- Directed by: Kaz Rahman
- Written by: Kaz Rahman
- Produced by: Kaz Rahman
- Starring: M.A. Siddiq Sathya Bhama H.K.S. Babu
- Cinematography: Kaz Rahman
- Edited by: Kaz Rahman
- Music by: Hédi Hurban
- Production company: Charminar Films
- Release date: 27 April 2012;
- Running time: 106 minutes
- Countries: Canada India USA
- Languages: Urdu English

= Deccani Souls =

Deccani Souls is a 2012 art film written and directed by Kaz Rahman. It tells the story of three characters: Hamza, a traveller from an unknown land; Babu, a census collector and Siddiq, an Urdu poet struggling with writer's block as they wander through Hyderabad and are unknowingly connected by the history of Operation Polo.

==Production==
The film was shot in Hyderabad and Bidar in India and in Ontario, Canada.
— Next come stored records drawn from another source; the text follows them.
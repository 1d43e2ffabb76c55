//! Calls that stand in no example of the pages, written as in Rust, without types that Rust would
//! infer.
use super::streams::Kept;
use cfg_expr::error::laws::{expected_terms_have_a_number, faults_lie_in_their_text};
use cfg_expr::error::{Failure, Reason};
use cfg_expr::expr::Logic;
use cfg_expr::expr::laws::{
    homomorphisms_keep_values, lanes_are_homomorphisms, steps_are_read_with_a_stack,
    steps_push_the_value,
};
use cfg_expr::expr::lexer::Lexer;
use cfg_expr::expr::lexer::laws::{lexical_faults_lie_in_their_text, tokens_lie_in_order};
use cfg_expr::expr::logic::Kleene64;
use cfg_expr::expr::logic::laws::are_disjoint;
use cfg_expr::targets::{Endian, Families, Family, HasAtomic, HasAtomicFailure, HasAtomics, Os};
use cfgx_engine::engine::laws::{has_an_output, has_one_output};
use cfgx_engine::engine::streams::write_whole;
use cfgx_fields::reading::{read_endian, read_has_atomic, read_u8, read_u16};
use cfgx_fields::text_key::laws::equal_keys_are_the_same;
use cfgx_parser::asked::laws::{equal_asked_are_the_same, numbers_tell_what_is_asked};
use cfgx_syntax::error::laws::{
    lists_have_different_numbers, numbers_name_the_reason, reasons_have_different_numbers,
};
use cfgx_syntax::stripping::strip;
use cfgx_testing::checking::{check_all, is_ok_true, value_equals};
use std::alloc::{AllocError, Global};
use std::str::FromStr;

fn contains_family(families: &Families<'_>, family: Family<'_>) -> bool {
    let is_member = families.contains(&family);
    drop(family);
    is_member
}

// Returns whether the list `unix_wasm` is sorted, and contains `unix` and not `windows`.
fn unix_wasm_is_right(alloc: Global) -> Result<bool, AllocError> {
    let families = Families::unix_wasm(alloc)?;
    Ok(
        contains_family(&families, Family::unix())
            && !contains_family(&families, Family::new_const("windows"))
            && Families::is_sorted(families.as_slice()),
    )
}

fn is_sorted_with_wasm_first() -> bool {
    Families::is_sorted(&[<Family<'_>>::wasm(), Family::unix()])
}

// Returns whether the list `atomic_8_16_32_ptr` contains 8 and not 64.
fn atomic_8_16_32_ptr_is_right(alloc: Global) -> Result<bool, AllocError> {
    let widths = HasAtomics::atomic_8_16_32_ptr(alloc)?;
    let has_eight = widths.contains(HasAtomic::IntegerSize(8));
    let has_more = widths.contains(HasAtomic::IntegerSize(64));
    drop(widths);
    Ok(has_eight && !has_more)
}

fn are_equal<T: PartialEq + Drop>(one: T, other: T) -> bool {
    one == other
}

// Returns whether two reads of one text are equal, and a read of another text is not.
fn reads_are_compared(alloc: Global) -> bool {
    are_equal(HasAtomic::read(alloc, "x"), HasAtomic::read(alloc, "x"))
        && !are_equal(HasAtomic::read(alloc, "x"), HasAtomic::read(alloc, "y"))
}

// Returns whether `8` is a width, and the empty text is none.
fn widths_are_read(alloc: Global) -> bool {
    let is_read = HasAtomic::read(alloc, "8") == Ok(HasAtomic::IntegerSize(8));
    let no_width = HasAtomic::read(alloc, "");
    is_read && matches!(no_width, Err(HasAtomicFailure::Parse(_)))
}

// Returns whether `Failure::of` makes a fault in the whole text.
fn fault_is_made(alloc: Global) -> bool {
    match Failure::of(alloc, "a b", 2..3, Reason::MultipleRootPredicates) {
        Failure::Parse(fault) => fault.original.as_str() == "a b" && fault.span == (2..3),
        Failure::Memory(_) => false,
    }
}

// Returns whether `value` equals `same` and is above `below`.
fn equals_and_exceeds<T: PartialOrd + Drop>(value: &T, same: T, below: T) -> bool {
    *value == same && *value > below
}

fn is_linux(os: &Os<'_>) -> bool {
    equals_and_exceeds(os, Os::linux(), Os::new_const("ios")) && os.as_str() == "linux"
}

fn text_is_stripped(alloc: Global) -> bool {
    let lexer = Lexer::new(alloc, "cfg(unix)");
    let (wrapped, bare) = (strip("cfg(unix)"), strip("unix"));
    lexer.original() == "unix"
        && (wrapped.text == "unix" && wrapped.offset == 4)
        && (bare.text == "unix" && bare.offset == 0)
}

fn system_is_copied(alloc: Global) -> Result<bool, AllocError> {
    let os = Os::new(String::from_str(alloc, "linux")?);
    Ok(is_linux(&os) && is_ok_true(value_equals(os.try_clone(alloc), &os)))
}

#[test]
fn values_are_read_and_made(rt: HostRuntime) -> Result<(), &'static str> {
    let alloc = rt.alloc();
    check_all(&[
        ("255", read_u8("+255") == Some(255)),
        ("256", read_u8("256").is_none()),
        ("65535", read_u16("65535") == Some(65_535)),
        ("65536", read_u16("65536").is_none()),
        ("big", read_endian("big") == Some(Endian::big)),
        ("Big", read_endian("Big").is_none()),
        ("ptr", read_has_atomic("ptr") == Some(HasAtomic::Pointer)),
        ("little", Endian::from_str("little") == Ok(Endian::little)),
        ("compared reads", reads_are_compared(alloc)),
        ("a width", widths_are_read(alloc)),
        ("families", is_ok_true(unix_wasm_is_right(alloc))),
        ("not sorted", !is_sorted_with_wasm_first()),
        ("widths", is_ok_true(atomic_8_16_32_ptr_is_right(alloc))),
        ("a copy", is_ok_true(system_is_copied(alloc))),
        ("a stripped text", text_is_stripped(alloc)),
        ("a fault", fault_is_made(alloc)),
    ])
}

// Calls the laws, which return nothing. Only proofs use them.
fn call_laws() {
    homomorphisms_keep_values::<bool, Option<bool>>();
    lanes_are_homomorphisms();
    steps_are_read_with_a_stack::<bool, usize>();
    steps_push_the_value::<Option<bool>>();
    tokens_lie_in_order();
    lexical_faults_lie_in_their_text();
    faults_lie_in_their_text();
    expected_terms_have_a_number();
    reasons_have_different_numbers();
    lists_have_different_numbers();
    numbers_name_the_reason();
    numbers_tell_what_is_asked();
    equal_asked_are_the_same();
    equal_keys_are_the_same();
    has_an_output();
    has_one_output();
}

// `Option` has methods `and` and `or` of its own, so the trait is named here.
#[test]
fn logics_are_joined(rt: HostRuntime) {
    call_laws();
    assert!(rt; bool::top().and(true) && !bool::bottom().or(false));
    assert!(rt; Logic::and(None, Some(false)) == Some(false));
    assert!(rt; Logic::or(None, Some(false)).is_none());
    assert!(rt; Kleene64::top().not() == Kleene64::bottom());
}

#[test]
fn lanes_are_joined_one_by_one() -> Result<(), &'static str> {
    let three = Kleene64::new(0b001, 0b010);
    check_all(&[
        ("lane 0", three.lane(0) == Some(true)),
        ("lane 1", three.lane(1) == Some(false)),
        ("lane 2", three.lane(2).is_none()),
        ("lane 63", three.lane(63).is_none()),
        ("and", three.and(three.not()) == Kleene64::new(0, 0b011)),
        ("or", three.or(three.not()) == Kleene64::new(0b011, 0)),
        ("true lanes", three.is_true() == 0b001),
        ("false lanes", three.is_false() == 0b010),
        ("other lanes", three != Kleene64::new(1, 0)),
        ("disjoint planes", are_disjoint(&[three])),
    ])
}

#[test]
fn bytes_are_written(rt: HostRuntime) {
    let bytes = Vec::new(rt.alloc());
    let mut sink = Kept { bytes, failures: 0 };
    let is_written = write_whole(&mut sink, b"true\n");
    assert!(rt; is_written && sink.bytes.as_slice() == b"true\n".as_slice());
}
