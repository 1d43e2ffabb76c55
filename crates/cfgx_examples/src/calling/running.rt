//! The program's engine over the streams of the process.
use cfgx_engine::engine::{Counted, run};

/// Runs `parse` and returns its status.
pub fn run_parse(rt: &HostRuntime, text: &str) -> u8 {
    let mut source = Counted::new(rt.stdin());
    let mut sink = Counted::new(rt.stdout());
    run(rt.alloc(), &["parse", text], &mut source, &mut sink)
}
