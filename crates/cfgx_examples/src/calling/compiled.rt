//! Targets that are not built in: the values and the tables that the pages show.
use super::manifests::values_on;
use super::others::{builtins_and, linux_row};
use super::resolver::value_for;
use super::value_prints;
use cfg_expr::Expression;
use cfg_expr::error::Failure;
use cfg_expr::targets::{TargetInfo, TargetTable, get_builtin_target_by_triple};
use cfgx_testing::checking::is_ok_true;
use cfgx_testing::targets::bare;
use cfgx_testing::triples::IOS;
use std::alloc::{AllocError, Global};

// The lines that `rustc --print cfg --target x86_64-pc-windows-msvc` of 1.95 prints, without most
// features.
const WINDOWS: &str = "debug_assertions\n\
    panic=\"unwind\"\n\
    target_abi=\"\"\n\
    target_arch=\"x86_64\"\n\
    target_endian=\"little\"\n\
    target_env=\"msvc\"\n\
    target_family=\"windows\"\n\
    target_feature=\"sse2\"\n\
    target_has_atomic=\"128\"\n\
    target_has_atomic=\"16\"\n\
    target_has_atomic=\"8\"\n\
    target_has_atomic=\"ptr\"\n\
    target_os=\"windows\"\n\
    target_pointer_width=\"64\"\n\
    target_vendor=\"pc\"\n\
    windows\n";

fn values_on_windows(alloc: Global, conditions: &str) -> Result<Vec<Option<bool>>, Failure> {
    let texts: Vec<&str> = conditions.split(';').collect(alloc)?;
    values_on(alloc, texts.as_slice(), WINDOWS)
}

/// Returns whether the values of the conditions on the target of `WINDOWS` print `values`.
/// Semicolons separate the conditions.
pub fn values_are(alloc: Global, conditions: &str, values: &str) -> bool {
    value_prints(alloc, values_on_windows(alloc, conditions), values)
}

fn is_fault<T: Drop>(outcome: Result<T, Failure>) -> bool {
    matches!(&outcome, Err(Failure::Parse(_)))
}

#[test]
fn faulty_conditions_and_lines_are_refused(rt: HostRuntime) {
    let alloc = rt.alloc();
    assert!(rt; is_fault(values_on(alloc, &["unix", "b)"], WINDOWS)));
    assert!(rt; is_fault(values_on(alloc, &[], "unix\nnot\n")));
    // A compiler may print what no condition can ask.
    let values = values_on(alloc, &["unix"], "target_thread_local\nunix\n");
    assert!(rt; value_prints(alloc, values, "[Some(true)]"));
}

/// Returns the value, with the feature `x`, on the row that is written by hand.
pub fn value_on_linux(alloc: Global, condition: &Expression) -> Result<bool, AllocError> {
    let row = linux_row(alloc)?;
    value_for(alloc, condition, &row, &["x"])
}

fn has_triple(table: &TargetTable<'_>, triple: &str) -> bool {
    get_builtin_target_by_triple(table, triple).is_some()
}

// Returns whether the built-in rows and the row make a table in which `triple` and a built-in
// triple are found.
fn makes_a_table(
    alloc: Global,
    row: TargetInfo<'static>,
    triple: &str,
) -> Result<bool, AllocError> {
    let Some(table) = builtins_and(alloc, row)? else {
        return Ok(false);
    };
    Ok(has_triple(&table, triple) && has_triple(&table, IOS))
}

fn linux_makes_a_table(alloc: Global) -> Result<bool, AllocError> {
    makes_a_table(alloc, linux_row(alloc)?, "x86_64-unknown-linux-gnu")
}

#[test]
fn a_row_is_added_unless_its_triple_is_built_in(rt: HostRuntime) {
    let alloc = rt.alloc();
    assert!(rt; is_ok_true(linux_makes_a_table(alloc)));
    assert!(rt; is_ok_true(makes_a_table(alloc, bare("a"), "a")));
    assert!(rt; matches!(makes_a_table(alloc, bare(IOS), IOS), Ok(false)));
}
The details of Operation Polo mentioned in the film are taken from the Sunderlal report.

==Screenings==
Deccani Souls was screened at The Hollywood Theater in Pittsburgh, USA. on 14 June 2012. It was screened at the Transmissions Film Festival in New Delhi, India and was later screened to public at Cochin, Thrissur, Kozhikode, Hyderabad and Mumbai.

The film was screened as part of the 31st Three Rivers Film Festival in Pittsburgh, USA in November 2012.